Le secret de confession ne peut «jamais et pour aucune raison» être violé, rappelle avec force la Pénitencerie apostolique dans une note publiée le 1er juillet 2019. Ce document affirme également que l’absolution d’un crime ou délit ne peut «jamais» être conditionnée à la reddition devant la justice.

Le progrès «technico-scientifique», commente durement le document, est bien souvent une «involution culturelle et morale» qui oublie Dieu, voire qui Lui est hostile. Existe ainsi une «hypertrophie communicative» qui vient s’opposer à la recherche de la vérité, et un monde de la communication qui semble vouloir se substituer à la réalité. Cela se retrouve même parmi les croyants, où certains dépensent de précieuses énergies à la recherche d’informations ou de scandales, afin d’aller dans le sens de l’opinion publique. Celle-ci devient le tribunal «ultime» et peut illégitimement et «irréparablement» porter atteinte à la réputation d’une personne.

Préjugé négatif préoccupant

Dans ce contexte, dénonce la Pénitencerie apostolique, apparaît un «préjugé négatif préoccupant» à l’égard de l’Eglise qui est réduite aux tensions qui peuvent exister au sein de sa hiérarchie ou – pire encore – aux abus horriblement commis par des membres du clergé. Cela conduit à «l’injustifiable revendication» que l’Eglise doit conformer son propre droit aux droits civils afin de garantir sa rectitude. Et ce particulièrement en matière de secret, à commencer par le secret de confession.

La note de la Pénitencerie apostolique vient ainsi réaffirmer l’inviolabilité du sceau de la confession qui vient «directement du droit divin» et est donc à la fois «indispensable» et «indisponible». Il relève de l’essence même du christianisme et le prêtre doit défendre le secret de confession, y compris jusqu’à donner son sang. Il ne lui est «jamais et pour aucune raison» permis de rompre ce secret. D’autant plus que le prêtre ne sait pas véritablement les péchés révélés, puisqu’il ne les a pas écoutés en son nom, mais en celui de Dieu. Ainsi, il lui est interdit de s’en souvenir volontairement et il est tenu à en supprimer le souvenir. Dans le même sens, même le pénitent n’a pas le vouloir de relever son confesseur de cette obligation de silence.

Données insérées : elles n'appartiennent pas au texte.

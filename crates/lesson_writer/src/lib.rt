// Settings lines written from what a lesson means: the bytes that the desk reads as these settings, LF at the end, in a lent buffer.
#![tactic(auto)]

ghost use Rattle.std.specs.Prelude.{◌≡◌, [], ◌∷◌, ◌+◌, ◌≤◌, length};
ghost use Rattle.rows.specs.Outcome.{outcome};
ghost use Rattle.desk_lines.specs.Printed.{written_over};
ghost use Rattle.lesson_writer.specs.Lines.{idle_printed, four_printed, room_printed, limits_line};

use desk_lines::print;
use lesson_lines::Limits;

// The bytes of a buffer in which every settings line has room.
pub const LIMITS_BYTES: usize = 170;

// Puts a settings line at the start of a buffer. Tells the place after it.
pub fn put_limits(out: &mut [u8], limits: Limits) -> usize
    requires { 170 ≤ length out.old }
    ensures { outcome result out.new ≡ written_over (limits_line limits) 0 out.old }
{
    let idle = limits.idle;
    let at = put_letter(out);
    let at = put_four(
        out,
        at,
        limits.amount as u64,
        limits.period,
        limits.burst as u64,
        limits.initial as u64,
    );
    put_room(
        out,
        at,
        limits.modems,
        limits.shards,
        idle,
        limits.when_full,
    )
}

// Puts `s` and a space.
fn put_letter(out: &mut [u8]) -> usize
    requires { 2 ≤ length out.old }
    ensures { outcome result out.new ≡ written_over (115 ∷ 32 ∷ []) 0 out.old }
{
    out[0] = b's';
    out[1] = b' ';
    2
}

// Puts four numbers, each with a space behind it, from a place on. Tells the place after them.
fn put_four(out: &mut [u8], at: usize, a: u64, b: u64, c: u64, d: u64) -> usize
    requires { at + 84 ≤ length out.old }
    ensures { outcome result out.new ≡ written_over (four_printed a b c d) at out.old }
{
    let at = print::field(out, at, a, b' ');
    let at = print::field(out, at, b, b' ');
    let at = print::field(out, at, c, b' ');
    print::field(out, at, d, b' ')
}

// Puts the numbers of modems and shards, the idle time and the rule when full, from a place on. Tells the place after them.
fn put_room(
    out: &mut [u8],
    at: usize,
    modems: u64,
    shards: u64,
    idle: Option<u64>,
    rule: u64,
) -> usize
    requires { at + 84 ≤ length out.old }
    ensures { outcome result out.new ≡ written_over (room_printed modems shards idle rule) at out.old }
{
    let at = print::field(out, at, modems, b' ');
    let at = print::field(out, at, shards, b' ');
    let at = put_idle(out, at, idle);
    print::field(out, at, rule, b'\n')
}

// Puts an idle time with a space behind it, from a place on. Tells the place after it.
fn put_idle(out: &mut [u8], at: usize, idle: Option<u64>) -> usize
    requires { at + 21 ≤ length out.old }
    ensures { outcome result out.new ≡ written_over (idle_printed idle) at out.old }
{
    match idle {
        Some(n) => print::field(out, at, n, b' '),
        None => put_dash(out, at),
    }
}

// Puts `-` and a space.
fn put_dash(out: &mut [u8], at: usize) -> usize
    requires { at + 2 ≤ length out.old }
    ensures { outcome result out.new ≡ written_over (45 ∷ 32 ∷ []) at out.old }
{
    out[at] = b'-';
    let next = at + 1;
    out[next] = b' ';
    at + 2
}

L’absolution ne peut être conditionnée à la reddition

Le sceau de la confession, rappelle encore la note, s’applique également lorsque l’absolution ne peut être concédée. A ce sujet, la Pénitencerie apostolique affirme que l’absolution ne peut jamais être conditionnée par l’obligation de se livrer à la justice civile, en vertu du principe nemo tenetur se detegere (personne n’est tenu à s’accuser soi-même). En revanche, pour être valide, le sacrement nécessite le sincère repentir et la ferme résolution de s’amender et de pas réitérer le mal commis. Si le pénitent est une victime, il est de la mission du confesseur de l’informer de ses droits et des instruments juridiques.

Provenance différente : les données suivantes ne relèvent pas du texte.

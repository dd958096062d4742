// A field, by what it means: one value, on which the field laws hold.
ghost use Rattle.std.specs.Prelude.{◌≡◌, ℕ};
ghost use Rattle.algebra.specs.Field.{Meaning, Laws};

pub trait Field {
    // the number of the family
    const FAMILY: u8;

    ghost FAMILY: { ℕ };

    ghost means: { Self → Meaning };

    ghost family: { (f : Self) → (means f).family ≡ FAMILY };

    // The family's number, for a caller that holds a field and does not name its type.
    fn family_number(&self) -> u8
        ensures { result ≡ (means self.now).family };

    // How many elements there are.
    fn size(&self) -> u16
        ensures { result ≡ (means self.now).size };

    fn add(&self, a: u8, b: u8) -> u8
        ensures { result ≡ (means self.now).sum a b };

    fn sub(&self, a: u8, b: u8) -> u8
        ensures { result ≡ (means self.now).difference a b };

    fn mul(&self, a: u8, b: u8) -> u8
        ensures { result ≡ (means self.now).product a b };

    // The inverse; that of zero is zero. No code below the size but the inverse gives one as the product.
    fn inv(&self, a: u8) -> u8
        ensures { result ≡ (means self.now).inverse a }
    {
        for b in 0..self.size() {
            if self.mul(a, b as u8) == 1 {
                return b as u8;
            }
        }
        0
    }

    ghost lawful: { (f : Self) → Laws (means f) };
}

Le secret de confession, défend le Saint-Siège, ne peut jamais être vu comme une «connivence» avec le mal, dont il est au contraire le «seul véritable antidote». En effet, c’est la garantie de la possibilité de s’abandonner à l’amour de Dieu et d’ainsi se laisser convertir et transformer par cet amour, pour agir selon celui-ci dans la vie concrète.

Par ailleurs, la note ne se limite pas au secret de confession et revient sur la direction spirituelle, c’est-à-dire sur le for interne ›extra-sacramentel’. Dans la direction spirituelle, le fidèle ouvre «librement» le secret de sa conscience, pour être accompagné vers l’accomplissement de la volonté de Dieu. Cette mission ne peut donc se concevoir que «devant Dieu» et requiert également le secret «ad extra». Par exemple, illustre la note, que ce soit pour les candidats au sacerdoce que pour les causes en béatification, le même secret est imposé aux directeurs spirituels qu’aux confesseurs.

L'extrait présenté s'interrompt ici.